Answer: C — The hardware prefetcher works by detecting regular stride patterns. For sequential and fixed-stride access, it reliably predicts the next cache line to fetch. Pointer chasing through a randomly shuffled linked list has no regular stride — the next address to access depends on the current memory value (data-dependent). The prefetcher cannot know what to prefetch because the next address is unknown until the current load completes.

12. What is the Flush+Reload side-channel technique used for?

A) Flushing the TLB and reloading page tables after a context switch B) Flushing a cache line with CLFLUSH, then measuring the reload time to determine if another process accessed that line C) Flushing the µop cache and reloading instructions from memory D) Flushing write-combining buffers before a memory barrier

Answer: B — Flush+Reload is a cache side-channel attack: the attacker flushes a specific cache line using CLFLUSH, waits for a victim process to run, then measures how long it takes to reload that address. A fast reload (cache hit) means the victim accessed that line; a slow reload (cache miss) means it did not. This technique is used in Spectre and related attacks to exfiltrate secrets through memory access patterns.

13. Cache tiling (blocking) primarily addresses which type of cache miss?

A) Compulsory misses (cold misses on first access) B) Capacity misses (working set too large for cache) C) Conflict misses (two addresses mapping to the same set) D) Coherence misses (other cores invalidating lines)

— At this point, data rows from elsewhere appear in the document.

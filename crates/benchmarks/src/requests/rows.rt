//! The requests that are located, and the domains that they go to.
ghost use Rattle.std.specs.Prelude.{IfSome};
ghost use Rattle.sip_selection.specs.Requests.{IsRequestView};

use crate::requests::known::Domain;
use sip_selection::{Families, Request, RequestView};
use sip_uri::{read_uri, read_via, view_uri, view_via};
use std::alloc::Global;

/// A request, and the answers that a book has for it.
#[derive(Clone, Copy)]
pub struct Row {
    /// What the row is called.
    pub name: &'static str,
    /// A URI, or a Via.
    pub text: &'static str,
    /// Which addresses the sender can reach.
    pub families: Families,
    pub domain: Domain<'static>,
}

/// A domain with a service over UDP, TCP and TLS, three servers, of which the first one has two
/// addresses of IPv4, and no more.
pub const DOMAIN: Domain<'static> = Domain {
    label: "d",
    services: &[
        ("SIP+D2U", "_sip._udp"),
        ("SIP+D2T", "_sip._tcp"),
        ("SIPS+D2T", "_sips._tcp"),
    ],
    servers: 3,
    are_apart: false,
    addresses: [1, 1],
    more: 1,
};

/// The same with two servers of one address.
const TWO_SERVERS: Domain<'static> = Domain {
    label: "d",
    services: &[("SIP+D2T", "_sip._tcp")],
    servers: 2,
    are_apart: false,
    addresses: [1, 1],
    more: 0,
};

/// The same with one service.
const ONE_SERVICE: Domain<'static> = Domain {
    label: "d",
    services: &[("SIP+D2U", "_sip._udp")],
    servers: 3,
    are_apart: false,
    addresses: [1, 1],
    more: 1,
};

/// As many services as a choice takes, each with 32 servers of its own, and as many addresses of
/// both families as an answer has.
const LARGE: Domain<'static> = Domain {
    label: "d",
    services: &[
        ("SIP+D2U", "l0"),
        ("SIP+D2U", "l1"),
        ("SIP+D2U", "l2"),
        ("SIP+D2U", "l3"),
        ("SIP+D2U", "l4"),
        ("SIP+D2U", "l5"),
        ("SIP+D2U", "l6"),
        ("SIP+D2U", "l7"),
    ],
    servers: 32,
    are_apart: true,
    addresses: [32, 32],
    more: 0,
};

/// A request to a domain.
fn row_of(
    name: &'static str,
    text: &'static str,
    families: Families,
    domain: Domain<'static>,
) -> Row {
    Row {
        name,
        text,
        families,
        domain,
    }
}

/// The requests of which all that is asked is a few answers.
pub fn small_rows() -> [Row; 7] {
    use Families::V4;
    [
        row_of("address", "sip:192.0.2.7:5080", V4, ONE_SERVICE),
        row_of("name and port", "sip:d.example:5070", V4, ONE_SERVICE),
        row_of("transport", "sip:d.example;transport=tcp", V4, TWO_SERVERS),
        row_of("NAPTR", "sip:user@d.example", V4, ONE_SERVICE),
        row_of("SIPS", "sips:user@d.example", V4, DOMAIN),
        row_of(
            "Via",
            "SIP/2.0/UDP d.example;branch=z9hG4bK1",
            V4,
            ONE_SERVICE,
        ),
        ten_answers(),
    ]
}

/// The request that ten answers lead to 21 targets.
pub fn ten_answers() -> Row {
    let families = Families::V4ThenV6;
    row_of("ten answers", "sip:user@d.example", families, DOMAIN)
}

/// The request that asks the most, with so many servers of each service.
pub fn large_row(servers: usize) -> Row {
    let domain = Domain { servers, ..LARGE };
    row_of("most", "sip:user@d.example", Families::V4ThenV6, domain)
}

impl Row {
    /// The request, as it stands in its text.
    pub fn view(&self) -> Option<RequestView<'static>>
        ensures { IfSome result IsRequestView }
    {
        let text = self.text.as_bytes();
        if text.starts_with(b"SIP/") {
            match view_via(text) {
                Ok(parts) => Some(RequestView::Via(parts)),
                Err(_) => None,
            }
        } else {
            match view_uri(text) {
                Ok(parts) => Some(RequestView::Uri(parts)),
                Err(_) => None,
            }
        }
    }

    /// The request.
    pub fn request(&self, alloc: Global) -> Option<Request> {
        match read_uri(alloc, self.text) {
            Ok(uri) => Some(Request::Uri(uri)),
            Err(_) => Some(Request::Via(read_via(alloc, self.text).ok()?)),
        }
    }
}
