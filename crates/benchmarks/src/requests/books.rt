//! Books, and what is stored in them.
ghost use Rattle.std.specs.Prelude.{IfSome};
ghost use Rattle.answer_cache.specs.Shared.{Belongs};

use crate::requests::known::Known;
use answer_cache::{Seat, SharedCache, Stores};
use dns_answers::Moment;
use std::alloc::Global;

/// Stores answers.
pub fn fill<R, B: Stores<R>>(rt: &R, book: &B, seat: &mut B::Seat, known: &[Known], now: Moment)
    requires { B.belongs book.now seat.old }
    ensures { B.belongs book.now seat.new }
{
    'known: for it in known {
        if it.answer.records().kind() == it.question.kind {
            let _ = book.store(rt, seat, &it.question, &it.answer, now);
        }
    }
}

/// A cache with one seat.
pub fn one_seat(alloc: Global) -> Option<(SharedCache, Seat)>
    ensures { IfSome result (λ made. Belongs made.0 made.1) }
{
    let Ok((cache, mut seats)) = SharedCache::new(alloc, 1) else {
        return None;
    };
    let seat = seats.pop()?;
    Some((cache, seat))
}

Answer: B — Tiling divides the computation into blocks small enough to fit the active working set in cache. For a naive matrix multiply, the entire matrix B must be accessed for each row of A — far exceeding L2 capacity. With tiling, only one B tile is active at a time. The same B tile elements are reused many times before eviction, eliminating capacity misses during that tile's computation.

14. What is PREFETCHNTA used for, and how does it differ from PREFETCHT0?

A) PREFETCHNTA is faster because it only prefetches to L1 while PREFETCHT0 prefetches to all levels B) PREFETCHNTA prefetches with "non-temporal" hint, loading into L1 but minimizing L2/L3 pollution; PREFETCHT0 prefetches to L1, L2, and L3 C) PREFETCHNTA is deprecated; PREFETCHT0 should always be used instead D) PREFETCHNTA triggers a hardware prefetch unit while PREFETCHT0 is a software hint only

Answer: B — PREFETCHNTA (Non-Temporal Aligned) hints that the data will be used once and should not fill all cache levels. It loads to L1 with minimal insertion in L2/L3, avoiding eviction of frequently-used data. Use it when reading large data that will be processed exactly once (e.g., memcpy source). PREFETCHT0 fills L1+L2+L3, appropriate for data that will be reused within a moderate time window.

15. A benchmark measures DDR5 memory bandwidth at 50 GB/s for a large array traversal, while the theoretical peak is 76.8 GB/s. What explains this gap?

A) The CPU is executing too many instructions, consuming cycles that could be used for memory access B) DRAM requires refresh cycles, during which no reads occur; row activation overhead limits sustained bandwidth below theoretical peak C) The cache is too small to buffer the transfers efficiently D) The OS is intercepting every memory access for security checking

Answer: B — Theoretical memory bandwidth assumes continuous, perfectly pipelined access. Real workloads incur overhead from row activation (tRCD), precharge (tRP), and periodic DRAM refresh (tREFI). Additionally, the memory controller has finite request queue depth, and random access patterns reduce efficiency below sequential bandwidth. Typical sustained bandwidth for sequential access is 65–85% of theoretical peak; random access can be 20–40%.